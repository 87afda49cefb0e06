//! The numbers and the names of refusals.
ghost use Rattle.std.specs.Prelude.{◌≡◌};
ghost use Rattle.lego_print.specs.Headings.{number_of, name_of};

/// Why a command, a text or an import is refused.
#[derive(Debug, Clone, Copy, PartialEq, Eq)]
pub enum Heading {
    /// A byte that begins no token.
    BadByte,
    /// A comment that does not end.
    OpenComment,
    /// A name of more than 255 bytes.
    LongName,
    /// A numeral above 1,000,000.
    BigLevel,
    /// The first token after which no reading exists.
    Unexpected,
    /// A token of nesting 501.
    TooDeep,
    /// A command without its `;`.
    Unended,
    /// A command of more than 65,536 bytes.
    LongCommand,
    /// More than 1,048,576 names.
    NamesFull,
    /// A name that no entry has.
    UnknownName,
    /// A number that no goal has.
    UnknownGoal,
    /// A name that an entry or a hypothesis has.
    NameInUse,
    /// A term where a type is wanted, whose rule type is no sort.
    NotAType,
    /// A function of an application that has no product for its type.
    NotAFunction,
    /// A term that is projected and has no Sigma type.
    NotAPair,
    /// A type that is not the wanted one.
    Mismatch,
    /// Constraints of levels with a cycle.
    Universe,
    /// More steps than the limit.
    Budget,
    /// A term over a limit of size or depth.
    TooLarge,
    /// A level above 1,000,000.
    LevelTooBig,
    /// More entries or level variables than the limit.
    Full,
    /// A hole in its own solution.
    Circular,
    /// A written type of a pair that is no Sigma type.
    NotSigma,
    /// Two terms that do not match.
    Clash,
    /// A hole in the term that it is matched with.
    Occurs,
    /// A variable that a hole can't name.
    Scope,
    /// A hole that is not applied to different variables.
    HigherOrder,
    /// A solution that is refused.
    Solution,
    /// A hole that stays without a solution.
    Unsolved,
    /// A term that fits the goal with no number of arguments.
    NoFit,
    /// More names than products.
    CannotIntro,
    /// No hypothesis that fits the goal.
    NoHypothesis,
    /// Goals are left.
    GoalsOpen,
    /// A number that no goal left has, or no goal left.
    NoGoal,
    /// No proof is open.
    NoProof,
    /// A proof is open.
    InProof,
    /// A proof without a name.
    NoName,
    /// More steps are to be undone than are held.
    TooFar,
    /// A text that is no development.
    NotDevelopment,
    /// An entry of a development that is not valid.
    IllTyped,
    /// A check of a development over the limit.
    Costly,
    /// Scripts that import one another.
    ImportCycle,
    /// A name that the library does not hold.
    NoModule,
    /// A script that does not begin with its name.
    WrongModule,
}

impl Heading {
    /// The number, from 1 to 44.
    pub fn number(self) -> u8
        ensures { result ≡ number_of self }
    {
        match self {
            Heading::BadByte => 1,
            Heading::OpenComment => 2,
            Heading::LongName => 3,
            Heading::BigLevel => 4,
            Heading::Unexpected => 5,
            Heading::TooDeep => 6,
            Heading::Unended => 7,
            Heading::LongCommand => 8,
            Heading::NamesFull => 9,
            Heading::UnknownName => 10,
            Heading::UnknownGoal => 11,
            Heading::NameInUse => 12,
            Heading::NotAType => 13,
            Heading::NotAFunction => 14,
            Heading::NotAPair => 15,
            Heading::Mismatch => 16,
            Heading::Universe => 17,
            Heading::Budget => 18,
            Heading::TooLarge => 19,
            Heading::LevelTooBig => 20,
            Heading::Full => 21,
            Heading::Circular => 22,
            Heading::NotSigma => 23,
            Heading::Clash => 24,
            Heading::Occurs => 25,
            Heading::Scope => 26,
            Heading::HigherOrder => 27,
            Heading::Solution => 28,
            Heading::Unsolved => 29,
            Heading::NoFit => 30,
            Heading::CannotIntro => 31,
            Heading::NoHypothesis => 32,
            Heading::GoalsOpen => 33,
            Heading::NoGoal => 34,
            Heading::NoProof => 35,
            Heading::InProof => 36,
            Heading::NoName => 37,
            Heading::TooFar => 38,
            Heading::NotDevelopment => 39,
            Heading::IllTyped => 40,
            Heading::Costly => 41,
            Heading::ImportCycle => 42,
            Heading::NoModule => 43,
            Heading::WrongModule => 44,
        }
    }

    /// The name.
    pub fn name(self) -> &'static [u8]
        ensures { result.now ≡ name_of self }
    {
        match self {
            Heading::BadByte => b"BadByte",
            Heading::OpenComment => b"OpenComment",
            Heading::LongName => b"LongName",
            Heading::BigLevel => b"BigLevel",
            Heading::Unexpected => b"Unexpected",
            Heading::TooDeep => b"TooDeep",
            Heading::Unended => b"Unended",
            Heading::LongCommand => b"LongCommand",
            Heading::NamesFull => b"NamesFull",
            Heading::UnknownName => b"UnknownName",
            Heading::UnknownGoal => b"UnknownGoal",
            Heading::NameInUse => b"NameInUse",
            Heading::NotAType => b"NotAType",
            Heading::NotAFunction => b"NotAFunction",
            Heading::NotAPair => b"NotAPair",
            Heading::Mismatch => b"Mismatch",
            Heading::Universe => b"Universe",
            Heading::Budget => b"Budget",
            Heading::TooLarge => b"TooLarge",
            Heading::LevelTooBig => b"LevelTooBig",
            Heading::Full => b"Full",
            Heading::Circular => b"Circular",
            Heading::NotSigma => b"NotSigma",
            Heading::Clash => b"Clash",
            Heading::Occurs => b"Occurs",
            Heading::Scope => b"Scope",
            Heading::HigherOrder => b"HigherOrder",
            Heading::Solution => b"Solution",
            Heading::Unsolved => b"Unsolved",
            Heading::NoFit => b"NoFit",
            Heading::CannotIntro => b"CannotIntro",
            Heading::NoHypothesis => b"NoHypothesis",
            Heading::GoalsOpen => b"GoalsOpen",
            Heading::NoGoal => b"NoGoal",
            Heading::NoProof => b"NoProof",
            Heading::InProof => b"InProof",
            Heading::NoName => b"NoName",
            Heading::TooFar => b"TooFar",
            Heading::NotDevelopment => b"NotDevelopment",
            Heading::IllTyped => b"IllTyped",
            Heading::Costly => b"Costly",
            Heading::ImportCycle => b"ImportCycle",
            Heading::NoModule => b"NoModule",
            Heading::WrongModule => b"WrongModule",
        }
    }
}
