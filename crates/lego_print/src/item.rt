use lego_term::{Mark, Term};

/// An entry as it is printed: the number of the constant that stands for it, its name's number,
/// its mark and type, and its body where it is a definition.
#[derive(Clone, Copy)]
pub struct Item<'a> {
    pub number: u32,
    pub name: u32,
    pub mark: Mark,
    pub ty: &'a Term,
    pub body: Option<&'a Term>,
}
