//! The limits of terms, as terms and their levels show them.
ghost use Rattle.std.specs.Prelude.{ℕ, ◌<◌, ◌^◌, All, IfSome, get_or};
ghost use Rattle.std.specs.Option.{option_copied};
ghost use Rattle.lego_term.specs.Levels.{level_value};
ghost use Rattle.lego_term.specs.Trees.{levels_of};
ghost use Rattle.lego_print.specs.Entries.{item_entries};
ghost use Rattle.lego_print.specs.Showable.{IsSmallTerm, IsSmallEntry};

use crate::item::Item;
use crate::pieces::node_value;
use lego_term::{Level, Node, Term};

/// The value of a level is a number of 64 bits.
#[tactic(auto, using(crate::proofs::LimitLemmas::level_small))]
fn level_is_small(level: Level, values: &[u64])
    requires { (u : ℕ) → get_or values.now u 0 < 2 ^ 63 }
    ensures { level_value values.now level < 2 ^ 64 }
{
    let _value = u128::from(node_value(values, level.base)) + u128::from(level.plus);
}

/// The values of the levels of a term are numbers of 64 bits.
fn levels_are_small(term: &Term, values: &[u64])
    requires { (u : ℕ) → get_or values.now u 0 < 2 ^ 63 }
    ensures { All (λ l. level_value values.now l < 2 ^ 64) (levels_of term.now) }
{
    match term.view() {
        Node::Var(_) | Node::Const(_) | Node::Prop => {}
        Node::Univ(level) => level_is_small(level, values),
        Node::Pi(_, a, b) | Node::Lam(_, a, b) | Node::Sigma(_, a, b) | Node::Local(_, a, b) => {
            levels_are_small(a, values);
            levels_are_small(b, values);
        }
        Node::App(_, m, n) => {
            levels_are_small(m, values);
            levels_are_small(n, values);
        }
        Node::Pair(_, a, b, m, n) => {
            levels_are_small(a, values);
            levels_are_small(b, values);
            levels_are_small(m, values);
            levels_are_small(n, values);
        }
        Node::Fst(m) | Node::Snd(m) => levels_are_small(m, values),
    }
}

/// A term is within the limits of terms.
fn term_is_small(term: &Term, values: &[u64])
    requires { (u : ℕ) → get_or values.now u 0 < 2 ^ 63 }
    ensures { IsSmallTerm values.now term.now }
{
    let _depth = term.depth();
    levels_are_small(term, values);
}

/// A body is within the limits of terms, where there is one.
fn body_is_small(body: Option<&Term>, values: &[u64])
    requires { (u : ℕ) → get_or values.now u 0 < 2 ^ 63 }
    ensures { IfSome (option_copied body.entry) (IsSmallTerm values.now) }
{
    if let Some(body) = body {
        term_is_small(body, values);
    }
}

/// The types and the bodies of items are within the limits of terms, and the values of their levels
/// are numbers of 64 bits. It reads each type and body once, and says by its contract what the
/// types of the program show.
pub fn items_are_small(items: &[Item<'_>], values: &[u64])
    requires { (u : ℕ) → get_or values.now u 0 < 2 ^ 63 }
    ensures { All (IsSmallEntry values.now) (item_entries items.now) }
{
    for item in items {
        term_is_small(item.ty, values);
        body_is_small(item.body, values);
    }
}
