//! The number of nodes of a term, where a local definition counts as its value put for its
//! variable, and the value by itself.
ghost use Rattle.std.specs.Prelude.{◌≡◌, ◌+◌, ◌≤◌, ◌++◌, ◌∷◌, [], OnOk, IfOk, IfErr};
ghost use Rattle.lego_laws.specs.RuleTypes.{nodes as nodes_of};
ghost use Rattle.lego_rule_types.specs.private.Counting.{Counts, IsCounted, IsBehind, scope_of, nodes_in};
ghost use Rattle.lego_inference.specs.declared.fault.TypeFault.TheVariants as why;
ghost use Rattle.lego_rule_types.specs.declared.nodes.Uncounted.TheVariants.{Memory};

use lego_inference::{Counted, TypeFault};
use lego_term::{Node, Term};
use std::alloc::{AllocError, Global};

/// The most level variables that are held.
const MAX_LEVELS: u32 = 1_048_576;

/// Why nodes were not counted.
#[derive(Debug, Clone, Copy, PartialEq, Eq)]
pub(crate) enum Uncounted {
    /// There are more.
    Over,
    /// Memory ran out.
    Memory,
}

impl From<AllocError> for Uncounted {
    ghost from_gives = { λ _ given. given ≡ Memory };

    fn from(_: AllocError) -> Uncounted {
        Uncounted::Memory
    }
}

/// The number of nodes of the term, which is to be at most so many, in work bounded by its size.
pub(crate) fn nodes(alloc: Global, t: &Term, most: u32) -> Result<u32, Uncounted>
    ensures { IsCounted (nodes_of t.now) most result }
{
    let mut scope = Vec::new(alloc);
    let counted = nodes_within(t, most, &mut scope)?;
    within(u64::from(counted), most)
}

/// The same where the variables in scope are counted.
#[cycle(nodes)]
fn nodes_within(t: &Term, most: u32, scope: &mut Vec<u32>) -> Result<u32, Uncounted>
    ensures counted { Counts (nodes_in scope.old.items t.now) most result }
    ensures kept { OnOk result (scope.new.items ≡ scope.old.items) }
{
    match t.view() {
        Node::Var(index) => Ok(counted(scope.as_slice(), index)),
        Node::Const(_) => Ok(0),
        Node::Prop => Ok(0),
        Node::Univ(_) => Ok(1),
        Node::Fst(of) => nodes_within(of, most, scope),
        Node::Snd(of) => nodes_within(of, most, scope),
        Node::App(_, function, argument) => {
            let function = nodes_within(function, most, scope)?;
            let argument = nodes_within(argument, most, scope)?;
            within(u64::from(function) + u64::from(argument), most)
        }
        Node::Pi(_, a, b) => {
            let a = nodes_within(a, most, scope)?;
            let b = nodes_under(b, 0, most, scope)?;
            within(1 + u64::from(a) + u64::from(b), most)
        }
        Node::Lam(_, a, b) => {
            let a = nodes_within(a, most, scope)?;
            let b = nodes_under(b, 0, most, scope)?;
            within(u64::from(a) + u64::from(b), most)
        }
        Node::Sigma(_, a, b) => {
            let a = nodes_within(a, most, scope)?;
            let b = nodes_under(b, 0, most, scope)?;
            within(1 + u64::from(a) + u64::from(b), most)
        }
        Node::Pair(_, a, b, m, n) => {
            let a = nodes_within(a, most, scope)?;
            let b = nodes_under(b, 0, most, scope)?;
            let m = nodes_within(m, most, scope)?;
            let n = nodes_within(n, most, scope)?;
            let former = u64::from(a) + u64::from(b);
            within(former + u64::from(m) + u64::from(n), most)
        }
        Node::Local(_, value, body) => {
            let value = nodes_within(value, most, scope)?;
            let body = nodes_under(body, value, most, scope)?;
            within(u64::from(value) + u64::from(body), most)
        }
    }
}

/// The same under one binder more, whose variable counts so.
#[cycle(nodes)]
fn nodes_under(t: &Term, bound: u32, most: u32, scope: &mut Vec<u32>) -> Result<u32, Uncounted>
    ensures counted { Counts (nodes_in (scope.old.items ++ bound ∷ []) t.now) most result }
    ensures kept { OnOk result (scope.new.items ≡ scope.old.items) }
{
    let Ok(()) = scope.push(bound) else {
        return Err(Uncounted::Memory);
    };
    let counted = nodes_within(t, most, scope)?;
    scope.pop();
    Ok(counted)
}

/// What a variable counts: as its local definition's value, or nothing.
fn counted(scope: &[u32], index: u32) -> u32
    ensures { result ≡ scope_of scope.now index }
{
    let index = index as usize;
    if index < scope.len() {
        scope[scope.len() - 1 - index]
    } else {
        0
    }
}

/// The number, where it is at most so much.
fn within(count: u64, most: u32) -> Result<u32, Uncounted>
    ensures { IsCounted count most result }
{
    if count > u64::from(most) {
        return Err(Uncounted::Over);
    }
    Ok(count as u32)
}

/// The number of the node behind the term, whose nodes are numbered from `first` on.
pub(crate) fn counted_behind(alloc: Global, t: &Term, first: u32) -> Result<u32, TypeFault>
    requires { first ≤ 1048576 }
    ensures { IsBehind (first + nodes_of t.now) result }
{
    match nodes(alloc, t, MAX_LEVELS - first) {
        Ok(count) => Ok(first + count),
        Err(Uncounted::Over) => Err(TypeFault::Full {
            of: Counted::Levels,
            held: MAX_LEVELS,
        }),
        Err(Uncounted::Memory) => Err(TypeFault::Memory),
    }
}

/// The same of a term whose nodes all have level variables.
pub(crate) fn behind(alloc: Global, t: &Term, first: u32) -> Result<u32, TypeFault>
    requires { first + nodes_of t.now ≤ 1048576 }
    ensures ok { IfOk result (λ next. next ≡ first + nodes_of t.now) }
    ensures err { IfErr result (λ fault. fault ≡ why.Memory) }
{
    match counted_behind(alloc, t, first) {
        Ok(next) => Ok(next),
        Err(_) => Err(TypeFault::Memory),
    }
}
= = = =
## WORK REQUIRED:
Each line of the material with the word "left" in it should be listed.

## RESPONSE TO THE TASK:
    /// Goals are left.
    /// A number that no goal left has, or no goal left.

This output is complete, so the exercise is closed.